А конфликты вспыхивали все чаще. Казачок стал капризен и вспыльчив. Его никак не устраивала роль переписчика. Но стоило титульному автору навалять отсебятину, вежливо и неуклонно у него забирали испорченные листы и заставляли начинать сызнова. А он все рвался в текст, ему не терпелось переиначить биографию героя, подогнать ее под собственную легенду, сочиненную в недрах редакции «Зари над Пресней», по которой выходило, что Оресин – выходец из казачьей голытьбы со всеми к сему прилагающимися штампами: босоногое детство, белый хлеб только по праздникам и проч. Все это никак не вязалось ни с подлинным бытом терцев – людей зажиточных и самостоятельных, ни с образом героя, в основу которого положили факты из горюновских дневников и рукописи его романа. И с прошлым самого Оресина, кажется, тоже.

Фелицианова крайне удивило одно обстоятельство. Рукопись, переписанная казачком, отличалась грамотностью почти абсолютной. И как-то, когда казачок был пьяноват в градусе всеобщего братства, Георгий Андреевич полюбопытствовал, откуда такая осведомленность в правилах орфографии и пунктуации.

– Так в петербургской гимназии за два класса выучивали этому делу. А я четыре проучился…

Ох что было с его секретарем! Как тот засуетился, как залопотал глупости, как напрягался вспоминать пошлые анекдоты, лишь бы сбить казачка с опасной темы!
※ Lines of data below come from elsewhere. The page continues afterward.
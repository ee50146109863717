// The strict reading's answer, made anew from its numbers.
ghost use Rattle.std.specs.Prelude.{◌≡◌};
ghost use Rattle.reading.specs.Shapes.{strict_of};
ghost use Rattle.reading.specs.Strict.{strict};
ghost use Rattle.reading_numbers.specs.ReadingNumbers.{values_in};

use crate::places::{
    CHUNKS, STRICT_DATA_START, STRICT_FRAMES, STRICT_OPEN, STRICT_PAYLOAD, STRICT_PLACES,
    STRICT_SIZE_POSITION,
};
use crate::readings::put_strict;
use numbers::format_from_numbers::audio_of;
use numbers::words::number_at;
use reading::{AcceptedFile, RefusedFile, StrictInfo};

fn values_in(numbers: &[u64]) -> StrictInfo
    ensures { result ≡ values_in numbers.now }
{
    StrictInfo {
        format: audio_of(numbers),
        size_position: number_at(numbers, STRICT_SIZE_POSITION) as usize,
        data_start: number_at(numbers, STRICT_DATA_START) as usize,
        payload: number_at(numbers, STRICT_PAYLOAD) as usize,
        open: number_at(numbers, STRICT_OPEN) == 1,
        frames: number_at(numbers, STRICT_FRAMES) as usize,
    }
}

// What `read_strict` answers, for the crates above.
pub fn strict_by_numbers(file: &[u8]) -> Result<AcceptedFile, RefusedFile>
    ensures { strict_of result ≡ strict file.now }
{
    let mut found = [0u64; STRICT_PLACES];
    let outcome = put_strict(file, &mut found);
    let chunks = number_at(&found, CHUNKS) as usize;
    match outcome {
        Ok(()) => Ok(AcceptedFile {
            info: values_in(&found),
            chunks,
        }),
        Err(refusal) => Err(RefusedFile::new(refusal, chunks)),
    }
}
Какое там! Гаврила пустился в воспоминания о столичной жизни, о квартире на Моховой, о гимназических проказах, где он был заводилой…

Вот тебе и голытьба.

Ну ладно, дореволюционную часть этот знаток местных обычаев проглотит, а вот что с ним будет, как до гражданской войны дело дойдет?
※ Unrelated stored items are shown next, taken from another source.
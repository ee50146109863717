// No code: what document 02, T-01 asks of the reading in blocks, as theorems on the definitions that the calls of crate feeding meet.
#![tactic(auto)]
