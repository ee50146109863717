// A `chan` read, and the first one of a file found, as numbers.
ghost use Rattle.std.specs.Prelude.{◌≡◌, ◌≤◌, length, Ok};
ghost use Rattle.answers.specs.Numbers.{done};
ghost use Rattle.byte_order.specs.Splice.{splice};
ghost use Rattle.chan_reading.specs.Find.{find_chan};
ghost use Rattle.chan_reading.specs.Shapes.{read_of};
ghost use Rattle.numbers.specs.Lent.{number_given, lent_after};
ghost use Rattle.reading_numbers.specs.ChanNumbers.{read_number, read_numbers, read_places, ReadCall, place_numbers, place_places};

use answers::Refusal;
use answers::refusal::DONE;
use chan_reading::ChanRead;
use chan_reading::describe::read_chan;
use chan_reading::find::find_chan;
use numbers::lent_numbers::{put, put_words};
use reading::Body;

// The places of what a `chan` says: its tag and the three numbers after it, and the order that the tag stands for.
const SAID_TAG: usize = 0;

const SAID_ORDER: usize = 4;

const READ_PLACES: usize = 12;

// Whether there is one, its start and its size.
const PLACE_PLACES: usize = 3;

fn put_given(answer: &mut [u64], read: ChanRead)
    requires { read_places ≤ length answer.old }
    ensures { answer.new ≡ splice answer.old 0 (read_numbers (read_of (Ok read)).answer read.order) }
{
    let ChanRead { head, order } = read;
    let numbers = [
        head.tag as u64,
        head.bitmap as u64,
        head.count as u64,
        order.count as u64,
    ];
    put(answer, SAID_TAG, &numbers);
    put_words(answer, SAID_ORDER, &order.labels);
}

fn tell_read(answer: &mut [u64], read: Result<ChanRead, Refusal>) -> u32
    requires { read_places ≤ length answer.old }
    ensures { (result ≡ read_number (read_of read).answer) × (answer.new ≡ splice answer.old 0 (read_numbers (read_of read).answer (read_of read).order)) }
{
    match read {
        Ok(given) => {
            put_given(answer, given);
            DONE
        }
        Err(refusal) => refusal.number(),
    }
}

// The descriptions go to `out`, and nothing goes there without room for the answer.
pub fn tell_chan(body: &[u8], channels: u32, out: &mut [u32], answer: &mut [u64]) -> u32
    ensures { ReadCall body.now channels out.old answer.old result out.new answer.new }
{
    if answer.len() < READ_PLACES {
        return Refusal::NoRoom.number();
    }
    tell_read(answer, read_chan(body, channels, out))
}

fn place_numbers(place: Option<Body>) -> [u64; 3]
    ensures { result ≡ place_numbers place }
{
    match place {
        Some(body) => [1, body.start as u64, body.size as u64],
        None => [0; 3],
    }
}

pub fn tell_place(file: &[u8], out: &mut [u64]) -> u32
    ensures value { result ≡ number_given place_places out.old done }
    ensures out_after { out.new ≡ lent_after place_places out.old (place_numbers (find_chan file.now)) }
{
    if out.len() < PLACE_PLACES {
        return Refusal::NoRoom.number();
    }
    put(out, 0, &place_numbers(find_chan(file)));
    DONE
}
Поленцев, написавший их львиную долю, расковался совершенно. Его не волновали политические моменты – отменной выучки командир и наблюдательный психолог победили и страх, и былые неудачи, и тщеславие пробивавшегося в печать литератора. Он посоветовал Георгию Андреевичу:

– А вы не ерепеньтесь. Не нравится – пусть сам перепишет, как ему хочется.

В полупьяном пылу казачок и впрямь ухватился за такое предложение, но тут-то и ему самому стало ясно: смелый в своем мародерском праве, он был робок с написанным текстом. И это обстоятельство привело его в ярость.

Назревал скандал. Который и произошел 15 августа 1928 года. Дату Фелицианов запомнил на всю жизнь.

Казачок прочитал главы о Блеймане.

Он явился в особняк в крайне возбужденном, к тому ж весьма подогретом состоянии. Красные пятна на бледненьком лице его являли ярость неописуемую.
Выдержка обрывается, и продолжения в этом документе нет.